As can be seen, most of the reviewed works on classical CAD systems for lung nodules do not report the use of any data balancing methods. Few authors mention data balancing, but did not examine the impact with respect to unbalanced data. To the best of the authors knowledge, only Sui et al. ^[³⁸^] described the impact of data balancing for CAD of lung nodules. In their experiments, 500 candidate nodules from 120 patients, with a class imbalance of 1/6, were classified based on eight features using several techniques to deal with class imbalance.

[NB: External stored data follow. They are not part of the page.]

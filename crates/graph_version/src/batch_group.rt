//! Groups of pages.

ghost use Rattle.std.specs.Prelude.{◌≡◌, ◌<◌, ◌^◌, ◌++◌, ◌∷◌, [], length, slice_get, option_copied, IfOk, OnOk, OnErr};
ghost use Rattle.graph_version.specs.Batches.{batch_value};
ghost use Rattle.graph_version.specs.BatchPages.{in_pages, ArePages};

use crate::batch_page::{BatchPage, PAGE};
use graph_types::Batch;
use std::alloc::{AllocError, Global};
use std::marker::Model;
use std::sync::Arc;
use std::vec::VecCloneMethods;

/// How many batches stand in one group.
pub(crate) const GROUP: usize = 256;

/// How many pages stand in one group.
const PAGES: usize = 16;

/// At most 256 batches that follow one another, in pages of 16 that copies share.
pub(crate) struct BatchGroup {
    len: usize,
    pages: Vec<Arc<BatchPage>>,
}

// By hand, so that who lets one go need not take it apart.
impl Drop for BatchGroup {
    fn drop(self) {
        let BatchGroup {
            len: _len,
            pages: _pages,
        } = self;
    }
}

impl Model for BatchGroup {
    ghost use Rattle.std.specs.Prelude.{◌≡◌, List, length};
    ghost use Rattle.graph_types.specs.declared.batches.NamedOp.{NamedOp};
    ghost use Rattle.graph_version.specs.BatchPages.{in_pages, ArePages};

    ghost Value = { List (List NamedOp) };

    ghost view = { λ group. in_pages group.pages.items };

    ghost invariant = { λ group. (length (in_pages group.pages.items) ≡ group.len) × ArePages group.pages.items };
}

impl Clone for BatchGroup {
    ghost is_clone = { λ group copy. copy ≡ group };

    // With room for all that a group can have, so that the push behind a copy asks for no memory.
    fn clone(&self) -> Result<BatchGroup, AllocError> {
        let mut pages = Vec::with_capacity(*self.pages.allocator(), PAGES)?;
        VecCloneMethods::extend_from_slice(&mut pages, &self.pages)?;
        Ok(BatchGroup {
            len: self.len,
            pages,
        })
    }
}

impl BatchGroup {
    /// The group of one batch.
    pub(crate) fn of(alloc: Global, batch: Arc<Batch>) -> Result<BatchGroup, AllocError>
        ensures { IfOk result (λ group. group ≡ batch_value batch ∷ []) }
    {
        let mut group = BatchGroup {
            len: 0,
            pages: Vec::new(alloc),
        };
        group.push(batch)?;
        Ok(group)
    }

    /// The batch at a place.
    pub(crate) fn get(&self, place: usize) -> Option<&Batch>
        ensures { option_copied result ≡ slice_get self.now place }
    {
        self.pages.get(place / PAGE)?.get(place % PAGE)
    }

    /// One more batch: one page is made or copied, and every other is shared.
    pub(crate) fn push(&mut self, batch: Arc<Batch>) -> Result<(), AllocError>
        requires { length self.old < 2 ^ 32 }
        ensures pushed { OnOk result (self.new ≡ self.old ++ batch_value batch ∷ []) }
        ensures unchanged { OnErr result (self.new ≡ self.old) }
    {
        let alloc = *self.pages.allocator();
        add_to_pages(alloc, &mut self.pages, self.len, batch)?;
        self.len += 1;
        Ok(())
    }
}

/// One more batch after the last: in a new page where all are full, and otherwise in the last page, or in a copy of
/// it where other groups have it.
fn add_to_pages(
    alloc: Global,
    pages: &mut Vec<Arc<BatchPage>>,
    len: usize,
    batch: Arc<Batch>,
) -> Result<(), AllocError>
    requires len { length (in_pages pages.old.items) ≡ len }
    requires pages { ArePages pages.old.items }
    ensures added { OnOk result (in_pages pages.new.items ≡ in_pages pages.old.items ++ batch_value batch ∷ []) }
    ensures unchanged { OnErr result (in_pages pages.new.items ≡ in_pages pages.old.items) }
    ensures pages { ArePages pages.new.items }
{
    if len % PAGE == 0 {
        let page = Arc::new(alloc, BatchPage::of(alloc, batch)?)?;
        pages.push(page)?;
        return Ok(());
    }
    Arc::make_mut(&mut pages[len / PAGE])?.push(batch)
}
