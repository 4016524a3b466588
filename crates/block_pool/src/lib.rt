//! A pool of edge blocks that is made beforehand: each number is free, in use, or retired with the number of the version
//! that left it out.
//!
//! STINGER (Ediger, McColl, Riedy, Bader; IEEE HPEC 2012) takes its blocks from such a pool. Here a block that a batch
//! replaces is retired, and is free again once no version that lists it can be read (held snapshots as in Aspen:
//! Dhulipala, Blelloch, Shun; PLDI 2019). Retired blocks stand in stacks, one for each seat whose settled pin needs them, so
//! that a collection looks at those alone that are new or that a pin let go. What is kept of a number takes memory at its first
//! grant, with that of its page: only `Pool::new` and `Pool::grant` take memory.
#![tactic(auto)]

mod numbers;
mod pages;
mod pool;
mod stacks;

// Why a batch is refused; [`Pool::grant`] gives `PoolEmpty` or `OutOfMemory`.
pub use graph_types::ApplyError as GrantError;
pub use pool::{Grant, Pool};
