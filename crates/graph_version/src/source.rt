//! Where the edges of a view come from.

ghost use Rattle.std.specs.Prelude.{◌≡◌, ◌≤◌, ◌<◌, ◌↔◌, ℕ, length, OnOk};
ghost use Rattle.std.specs.List.{Contains};
ghost use Rattle.graph_types.specs.Graph.{Graph};
ghost use Rattle.graph_types.specs.Limits.{most_names};
ghost use Rattle.graph_types.specs.Analyses.{LeadsTo};
ghost use Rattle.graph_types.specs.declared.ids.Filter.{Filter};

use std::alloc::AllocError;

/// The edges of a graph that a filter lets through, by their sources. The analyses ask for no more of a graph than this.
pub trait ViewEdges {
    /// Which edges are in the view.
    ghost filter: { Self → Filter };

    /// The graph whose edges they are.
    ghost graph: { Self → Graph };

    /// How many vertices the graph has, at most 67,108,863; their numbers are those below. Each edge of the view is
    /// between vertices of the graph.
    fn vertex_count(&self) -> usize
        ensures is { result ≡ length (graph self.now).names }
        ensures few { result ≤ most_names }
        ensures within { (a b : ℕ) → LeadsTo (filter self.now) (graph self.now) a b
            → (a < length (graph self.now).names) × (b < length (graph self.now).names) };

    /// Puts the targets of the view's edges out of this vertex in place of what `targets` had, in any order; a target
    /// may stand more than once, as parallel edges of two kinds have it. None lead out of a number that is no vertex.
    /// It fails if memory runs out; then the list may have anything.
    fn list_targets(&self, source: u32, targets: &mut Vec<u32>) -> Result<(), AllocError>
        ensures { OnOk result ((b : ℕ) → Contains targets.new.items b ↔ LeadsTo (filter self.now) (graph self.now) source b) };
}
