//! The rows of all sources.

ghost use Rattle.std.specs.Prelude.{◌≡◌, ◌*◌, ◌^◌, ◌<◌, ◌≤◌, ℕ, [], All, IfOk, MatchOption, OnOk, length, slice_set};
ghost use Rattle.edge_block.specs.Slots.{IsBlock};
ghost use Rattle.graph_version.specs.Rows.{row_of, Replaces};
ghost use Rattle.graph_version.specs.Differences.{DifferAt, SameRows};
ghost use Rattle.graph_version.specs.Sharing.{block_values};
ghost use Rattle.graph_version.specs.Ages.{IsNextOld};
ghost use Rattle.graph_version.specs.RowHalls.{in_halls, AreHalls};

use crate::row::Row;
use crate::row_hall::Hall;
use edge_block::Block;
use graph_types::VertexId;
use std::alloc::{AllocError, Global};
use std::marker::Model;
use std::sync::Arc;

/// How many rows stand in one hall.
const HALL: usize = 65_536;

/// The rows of all sources, in halls that versions share. They never change; a change makes new ones.
pub struct Rows {
    len: usize,
    halls: Vec<Arc<Hall>>,
}

// Written by hand: who lets one go rests on this function, and not on how each part is let go.
impl Drop for Rows {
    fn drop(self) {
        let Rows {
            len: _len,
            halls: _halls,
        } = self;
    }
}

impl Model for Rows {
    ghost use Rattle.std.specs.Prelude.{◌≤◌, ◌*◌, ◌^◌, List, length, take};
    ghost use Rattle.edge_block.specs.Slots.{BlockView};
    ghost use Rattle.graph_version.specs.Rows.{IsBlankFrom};
    ghost use Rattle.graph_version.specs.RowHalls.{in_halls, AreHalls};

    ghost Value = { List (List BlockView) };

    ghost view = { λ rows. take rows.len (in_halls rows.halls.items) };

    // (the rows of halls past the last one that was written are empty)
    ghost invariant = { λ rows. AreHalls rows.halls.items × (length rows.halls.items ≤ 2 ^ 16)
        × (rows.len ≤ length rows.halls.items * 65536) × IsBlankFrom rows.len (in_halls rows.halls.items) };
}

impl Rows {
    /// Rows that are all empty. It takes no memory.
    pub fn new(alloc: Global) -> Rows
        ensures { result ≡ [] }
    {
        Rows {
            len: 0,
            halls: Vec::new(alloc),
        }
    }

    /// How many rows there are: the row of each further source is empty.
    pub fn len(&self) -> usize
        ensures count { result ≡ length self.now }
        ensures few { length self.now ≤ 2 ^ 32 }
    {
        self.len
    }

    /// The blocks of a source's row, in order.
    pub fn row_blocks(&self, source: VertexId) -> &[Arc<Block>]
        ensures blocks { block_values result.now ≡ row_of self.now source.0 }
        ensures each { All IsBlock (row_of self.now source.0) }
    {
        match self.row(source) {
            None => &[],
            Some(row) => row.blocks(),
        }
    }

    /// A source's row; behind the last group there is none, which is an empty one.
    fn row(&self, source: VertexId) -> Option<&Row>
        ensures { MatchOption result (row_of self.now source.0 ≡ []) (λ r. r.now ≡ row_of self.now source.0) }
    {
        let source = source.0 as usize;
        match self.halls.get(source / HALL) {
            None => None,
            Some(hall) => hall.row(source % HALL),
        }
    }

    /// A copy of a source's row, which shares its blocks.
    fn shared_row(&self, source: VertexId) -> Result<Row, AllocError>
        ensures { IfOk result (λ row. row ≡ row_of self.now source.0) }
    {
        match self.row(source) {
            None => Ok(Row::empty()),
            Some(row) => row.clone(),
        }
    }

    /// The next source, from one on, whose row has a block with an edge that was last touched before a time.
    ///
    /// 64 or 8 sources are passed over at once where a kept bound, which is at most the least recent time of their edges, isn't
    /// before that time. A row of more than 64 blocks keeps none, and is looked through.
    pub fn next_old(&self, from: VertexId, time: u64) -> Option<VertexId>
        ensures { IsNextOld time self.now from.0 result }
    {
        let mut source = from.0 as usize;
        while source < self.len {
            let young = self.halls[source / HALL].young_from(source % HALL, time);
            if young == 0 {
                return Some(VertexId(source as u32));
            }
            source += young;
        }
        None
    }

    /// Equal rows, all of whose halls are shared: one reference for each 65,536 rows.
    pub fn share(&self) -> Result<Rows, AllocError>
        ensures { IfOk result (λ rows. rows ≡ self.now) }
    {
        Ok(Rows {
            len: self.len,
            halls: self.halls.clone()?,
        })
    }

    /// These rows once those of some sources were taken over from other rows, from which no other one differs: the other rows.
    /// What nobody else has is written in place.
    ///
    /// After a refused growth the rows are given up.
    pub fn caught_up(self, from: &Rows, sources: &[VertexId]) -> Result<Rows, AllocError>
        requires { DifferAt sources.now self from.now }
        ensures { IfOk result (λ rows. rows ≡ from.now) }
    {
        let alloc = *self.halls.allocator();
        let Rows {
            len: _len,
            mut halls,
        } = self;
        take_over(alloc, &mut halls, from, sources)?;
        add_halls(alloc, &mut halls, from.halls.len())?;
        Ok(Rows {
            len: from.len,
            halls,
        })
    }

    /// The rows with these blocks as the row of a source. Other rows that share its hall, group, page or part keep theirs.
    ///
    /// After a refused growth the rows are given up.
    pub fn replace_row(self, source: VertexId, blocks: Vec<Arc<Block>>) -> Result<Rows, AllocError>
        ensures { IfOk result (λ rows. Replaces source.0 (block_values blocks.items) self rows) }
    {
        let row = Row::of(*self.halls.allocator(), blocks)?;
        self.put(source, row)
    }

    /// As `replace_row`, with the row made.
    pub fn put(self, source: VertexId, row: Row) -> Result<Rows, AllocError>
        ensures { IfOk result (λ rows. Replaces source.0 row self rows) }
    {
        let alloc = *self.halls.allocator();
        let source = source.0 as usize;
        let Rows { len, mut halls } = self;
        put_row(alloc, &mut halls, source, row)?;
        Ok(Rows {
            len: len.max(source + 1),
            halls,
        })
    }
}

/// Writes the rows of these sources as other rows have them.
fn take_over(
    alloc: Global,
    halls: &mut Vec<Arc<Hall>>,
    from: &Rows,
    sources: &[VertexId],
) -> Result<(), AllocError>
    requires halls { AreHalls halls.old.items }
    requires few { length halls.old.items ≤ 2 ^ 16 }
    requires differ { DifferAt sources.now (in_halls halls.old.items) from.now }
    ensures same { OnOk result (SameRows (in_halls halls.new.items) from.now) }
    ensures halls { AreHalls halls.new.items }
    ensures few { length halls.new.items ≤ 2 ^ 16 }
{
    let mut rest = sources;
    while let [source, others @ ..] = rest {
        let row = from.shared_row(*source)?;
        put_row(alloc, halls, source.0 as usize, row)?;
        rest = others;
    }
    Ok(())
}

/// Adds halls of empty rows up to a count.
fn add_halls(alloc: Global, halls: &mut Vec<Arc<Hall>>, count: usize) -> Result<(), AllocError>
    requires halls { AreHalls halls.old.items }
    requires few { length halls.old.items ≤ 2 ^ 16 }
    requires count { count ≤ 2 ^ 16 }
    ensures enough { OnOk result (count ≤ length halls.new.items) }
    ensures same { (s : ℕ) → row_of (in_halls halls.new.items) s ≡ row_of (in_halls halls.old.items) s }
    ensures halls { AreHalls halls.new.items }
    ensures more { length halls.old.items ≤ length halls.new.items }
    ensures few { length halls.new.items ≤ 2 ^ 16 }
{
    while halls.len() < count {
        let hall = Arc::new(alloc, Hall::blank(alloc))?;
        halls.push(hall)?;
    }
    Ok(())
}

/// Writes a source's row into its hall, group, page and part, into copies of these where other versions have them.
fn put_row(
    alloc: Global,
    halls: &mut Vec<Arc<Hall>>,
    source: usize,
    row: Row,
) -> Result<(), AllocError>
    requires halls { AreHalls halls.old.items }
    requires few { length halls.old.items ≤ 2 ^ 16 }
    requires source { source < 2 ^ 32 }
    ensures rows { OnOk result (Replaces source row (in_halls halls.old.items) (in_halls halls.new.items)) }
    ensures enough { OnOk result (source < length halls.new.items * 65536) }
    ensures halls { AreHalls halls.new.items }
    ensures more { length halls.old.items ≤ length halls.new.items }
    ensures few { length halls.new.items ≤ 2 ^ 16 }
{
    add_halls(alloc, halls, source / HALL + 1)?;
    Arc::make_mut(&mut halls[source / HALL])?.put(alloc, source % HALL, row)
}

They found that considerable improvement can be obtained by alleviating the data imbalance -the best results obtained using a combination of under- and oversampling together with a biased SVM approach.

The purpose of this paper is to compare the performance of different data balancing techniques applied to the classification of a highly imbalanced biomedical dataset and their impact on nodule classification tasks. With respect to previous work, the presented experiments are based on a larger data set, have higher feature dimensionality, include more data balancing techniques and evaluate sensitivities at both low and high FP rates.

2.-MATERIAL AND METHODS

2.1.-THE ETROCAD SYSTEM

A modification of the system proposed in ^[¹^], referred in the rest of this paper as ETROCAD is used to evaluate the effect of data balancing techniques on the performance of a CAD system. The ETROCAD system is modified in terms of using a Support Vector Machine (SVM) with radial basis function kernel. SVMs are well-established classifiers, proven to be useful in many cancer classification tasks ^[¹^,²⁸^-⁴⁰^].

The 888 scans from the LUNA16 framework were processed by the first two steps of the approach in Figure 1 (preprocessing and candidate selection) to extract all the candidates. A feature vector is built by features calculated for each candidate. Table 2 shows a short summary of the used features ^[¹^].

Table 2 Description of features used in ETROCAD

Feature	Notes
Volume	Equivalent to the number of voxels
Min_diam = min(dim_i)	Dim_i=minimum diameter corresponding to the principal axis i of the minimum volume-enclosing ellipsoid
Max_diam = max(dim_i)
Compactness1	Ratio between volume and product of all dim_i
Compactness2	Ratio between volume and dim_i ³
Elongation factor	Max_dim/min_dim
Bounding ellipsoid feature	1 for 3D ellipsoid, 0 for 2D ellipsoid
Distance to lung wall	From nodule candidate centroid to lung wall
Distance to the center of the slice	From candidate centroid to the center of the slice on which centroid is located
Average of L_uu and L_vv	On segmented voxels, and spherical kernels of radius 1 and 3 pixels at scales 1 and 2. L_uu and L_vv features over a gauge coordinate system ^[¹^].
Average of nodule filter values	On segmented voxels, and spherical kernels of radius 1 and 3
Average of vessel filter values	On segmented voxels, and spherical kernels of radius 1 and 3
Average of divergence values	On segmented voxels, and spherical kernels of radius 1 and 3
Grey-value features	Mean, median, maximum, minimum and standard deviation on segmented voxels, and spherical kernels of radius 1 and 3

2.2.-BALANCING THE DATA

The SOM-based method was implemented using a SOM Toolbox for Matlab^³.In this case, the TP/FP ratio was 1/3 to be consistent with the original system ^[¹^]. The rest of data balancing methods and classification were implemented in Python 2.7, using the Imbalanced-learn ^[⁴¹^] and the Scikit-learn^⁴ modules respectively. Scikit-learn provides easy-to-use tools for data mining and data analysis. Table 3summarizes the methods implemented in Scikit-learn that were used on the lung nodule data provided by the ETROCAD system. In all the cases, the goal was to get a well-balanced dataset with a final TP/FP ratio approximating 1.The remaining parameters of the methods were set to recommended default values.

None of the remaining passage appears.